Dynamic circuitry has long been an integral part of chip or integrated circuit design. The inherent low delay makes dynamic circuitry ideal for high speed applications, such as microprocessors, high speed logic, random access memories, etc. One popular class of dynamic circuitry is the Domino circuit.
In general, the term domino logic is used to refer to an arrangement of logic circuit stages which may, for example, be cascaded together in an integrated circuit array configuration. A signal may be inputted to a first stage where it is evaluated in order to provide an output signal to a second stage where that output signal is again evaluated to provide an output signal for propagation to and evaluation by yet another stage in the circuit. Thus a domino effect is achieved whereby signals are sequentially propagated through an array of stages or domino blocks, and each successive stage performs an evaluation of an input condition until a final output is provided at a final output stage. Domino logic circuits may be arranged so that signals can propagate through the various stages without being separately clocked at each stage.
Domino circuits consist of a domino logic block, and an NFET and PFET device pair connected to a clock signal, an output inverter (an NFET and PFET pair), and a feedback PFET device. A standard domino circuit uses logic input signals and clock signals to produce an output signal. Because of the inherent dynamic characteristic of the domino circuit, this function requires two distinct operational phases known as the precharge phase and the evaluate phase. The precharge phase sets the domino circuit to a known state during a first half cycle while the clock signal is in a low logic level. That condition typically forces the output low. The evaluate phase then permits the domino circuit to selectively switch, based on the input signals, to switch the output to a high logic level if the inputs and the logic function so determine.
The use of the Domino circuit involves some design risk and its use requires a much higher level of sophistication than a conventional simple CMOS static circuit for logic applications. The Domino circuit can fail operationally if certain conditions are not met. The primary condition is that the logic inputs to the Domino circuit must be valid during the evaluation phase of the clock. This means that the inputs must not change state during the evaluation phase. However, system electrical and other noise can cause the inputs to the Domino circuit to change state. This and other conditions are analyzed during system design to insure they are being met but the design tools are not yet fail-safe and 100% reliability cannot be guaranteed. Noise is still somewhat of an art with Domino circuitry. If an error situation is found by analysis, in a newly designed Domino circuit configuration, after release of the design to manufacturing, or by test on the first hardware, a correction or fix is necessary.
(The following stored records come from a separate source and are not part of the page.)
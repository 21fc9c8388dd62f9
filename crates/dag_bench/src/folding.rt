//! How many variables are made where some inputs are constants, counted by hand.

ghost use Rattle.std.specs.Prelude.{◌∷◌, []};
ghost use Rattle.dag.specs.declared.node.Node.TheVariants.{Leaf, Const};
ghost use Rattle.bit_blaster.specs.Circuit.{IsCircuit};

use bit_blaster::blast;
use dag::{Node, NodeId};
use std::alloc::Global;
use std::test::Fail;

/// How many variables a node has beside those of 8 input bits and of constants, over these bits and the number 9.
fn made(alloc: Global, node: Node) -> Result<u32, Fail>
    requires { IsCircuit (Leaf 8 0 ∷ Const 8 9 ∷ node ∷ []) }
{
    let x = Node::Leaf { width: 8, index: 0 };
    let nine = Node::Const { width: 8, value: 9 };
    let nodes = [x, nine, node];
    match blast(alloc, &nodes) {
        Ok(blasted) => Ok(blasted.formula.variables().saturating_sub(9)),
        Err(_) => Ok(u32::MAX),
    }
}

#[test]
fn constants_are_folded(rt: HostRuntime) -> Result<(), Fail> {
    let x = NodeId(0);
    let nine = NodeId(1);
    assert_eq!(rt; made(rt.alloc(), Node::And(x, nine))?, 0);
    assert_eq!(rt; made(rt.alloc(), Node::Shl(x, nine))?, 0);
    assert_eq!(rt; made(rt.alloc(), Node::Plus(x, nine))?, 14);
    assert_eq!(rt; made(rt.alloc(), Node::Times(x, nine))?, 10);
    assert_eq!(rt; made(rt.alloc(), Node::Eq(x, nine))?, 7);
    Ok(())
}
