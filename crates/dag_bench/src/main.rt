//! Times the graph: adding nodes of which half are there, and finding all nodes' values.
//!
//! `dag_bench add COUNT` makes so many `add` calls over one graph, every second of them for a node that is there.
//! `dag_bench values NODES INPUTS` finds the values of a graph of so many nodes on so many inputs. Both print the
//! nanoseconds that one call, or one node's value, takes, and a number by which a run can be compared with another
//! program's. Called otherwise, it says so. `scripts/bench-graph` calls it.
//!
//! Its tests are those of the graph and of the libraries on it: merge_table, rewriter and bit_blaster.
#![tactic(auto)]

#[cfg(test)]
mod agreement;
#[cfg(test)]
mod building;
#[cfg(test)]
mod folding;
mod graphs;
#[cfg(test)]
mod replacing;
#[cfg(test)]
mod tests;

use graphs::{added, summed, values_graph};
use std::time::Instant;
use std::{env, io};

/// What to time.
#[derive(Clone, Copy)]
enum Task {
    Add { count: u32 },
    Values { nodes: u32, inputs: u32 },
}

/// The task that the words name.
fn task_of(kind: Option<String>, first: Option<String>, second: Option<String>) -> Option<Task> {
    let kind = kind?;
    let number = first?.as_str().parse::<u32>().ok()?;
    if kind.as_str() == "add" {
        return Some(Task::Add { count: number });
    }
    let inputs = second?.as_str().parse::<u32>().ok()?;
    if kind.as_str() == "values" {
        Some(Task::Values {
            nodes: number,
            inputs,
        })
    } else {
        None
    }
}

/// Nanoseconds for each of so many.
fn each(nanoseconds: u128, count: u64) -> u128 {
    nanoseconds / u128::from(count.max(1))
}

fn main(rt: HostRuntime) -> io::Result<()> {
    let mut words = env::args(&rt)?;
    let _program = words.next();
    match task_of(words.next(), words.next(), words.next()) {
        Some(Task::Add { count }) => {
            let start = Instant::now(&rt)?;
            let last = added(rt.alloc(), count)?;
            let nanoseconds = start.elapsed(&rt)?.as_nanos();
            let each = each(nanoseconds, u64::from(count));
            println!(rt; "{each} {last}")
        }
        Some(Task::Values { nodes, inputs }) => {
            let dag = values_graph(rt.alloc(), nodes)?;
            let start = Instant::now(&rt)?;
            let sum = summed(rt.alloc(), &dag, inputs)?;
            let nanoseconds = start.elapsed(&rt)?.as_nanos();
            let each = each(
                nanoseconds,
                u64::from(nodes).saturating_mul(u64::from(inputs)),
            );
            println!(rt; "{each} {sum}")
        }
        None => println!(rt; "dag_bench add COUNT | dag_bench values NODES INPUTS"),
    }
}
After an evaluate phase, a domino circuit cannot return to the precharge state without the precharge occurring. Therefore any false switching during the evaluate phase is non-recoverable and will cause a logical failure. Under normal operation, the domino circuit is designed to insure that false switching does not occur. However, noise on inputs and parasitic leakage may cause false switching events from which domino circuits cannot recover. Some design precautions can be taken to minimize noise and leakage problems. For example, shielding can help to minimize the coupling of events on the inputs to the domino circuit. Also, with regard to parasitic leakage through NFET devices (in the domino logic block) which may cause a loss of the precharged state, the keeper device, i.e. the feedback PFET device can be made large enough to counteract the leakage through the NFET evaluation devices inside the domino logic block. It should here be noted that the above identified false switching problems occur with dynamic domino circuits but do not occur with standard static logic circuits.
In many instances when false switching events occur in domino circuits, they are either unpredictable and due to design complexity, or happen late in a project cycle and cannot be corrected in an efficient manner. Nearly always, a complete redesign is required which will involve changes to all mask layers in order to correct the problem.
Thus there is a need to provide an improved method and apparatus for the implementation of a fix technique for failed domino circuit configurations by which noise susceptibility and false switching problems can be significantly reduced thereby increasing the reliability of domino logic circuits.